• [TASK]:
Repeat the data precisely as given.

*** WORKING DATA ***

//! What a run of a tool ended with: its status, and the one line that tells it on standard error.
//!
//! It stands on `command_line` (kinds of faults of words), on the kinds of faults of `bit_stream::bits`, on the counts of `module_arena`, on the kinds of conflicts of `linkage_rules` and on the
//! kinds of what is undefined of `ir_tables`. It promises the status
//! of each end, and that its line, or a front of it where a write failed, is added to standard error; the line takes no memory.
//! Definitions: `specs/Ends/Ended`.
//!
//! ```
//! status_of(&Ended::Memory) // 120
//! tell(&mut errors, words, &Ended::Memory); // adds `llvm-as: out of memory` and a line feed, where the first word is `llvm-as`
//! Digits::of(1_024).bytes() // `1024`
//! ```
mod clash;
mod clash_line;
mod digits;
mod ended;
mod error_line;
mod place_line;
mod record_line;

pub use clash::{Clash, PartName};
pub use digits::Digits;
pub use ended::{Ended, Report, status_of};
pub use error_line::tell;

*** End of WORKING DATA ***

• [EXERCISE SOLUTION]:
//! What a run of a tool ended with: its status, and the one line that tells it on standard error.
//!
//! It stands on `command_line` (kinds of faults of words), on the kinds of faults of `bit_stream::bits`, on the counts of `module_arena`, on the kinds of conflicts of `linkage_rules` and on the
//! kinds of what is undefined of `ir_tables`. It promises the status
//! of each end, and that its line, or a front of it where a write failed, is added to standard error; the line takes no memory.
//! Definitions: `specs/Ends/Ended`.
//!
//! ```
//! status_of(&Ended::Memory) // 120
//! tell(&mut errors, words, &Ended::Memory); // adds `llvm-as: out of memory` and a line feed, where the first word is `llvm-as`
//! Digits::of(1_024).bytes() // `1024`
//! ```
mod clash;
mod clash_line;
mod digits;
mod ended;
mod error_line;
mod place_line;
mod record_line;

pub use clash::{Clash, PartName};
pub use digits::Digits;
pub use ended::{Ended, Report, status_of};
pub use error_line::tell;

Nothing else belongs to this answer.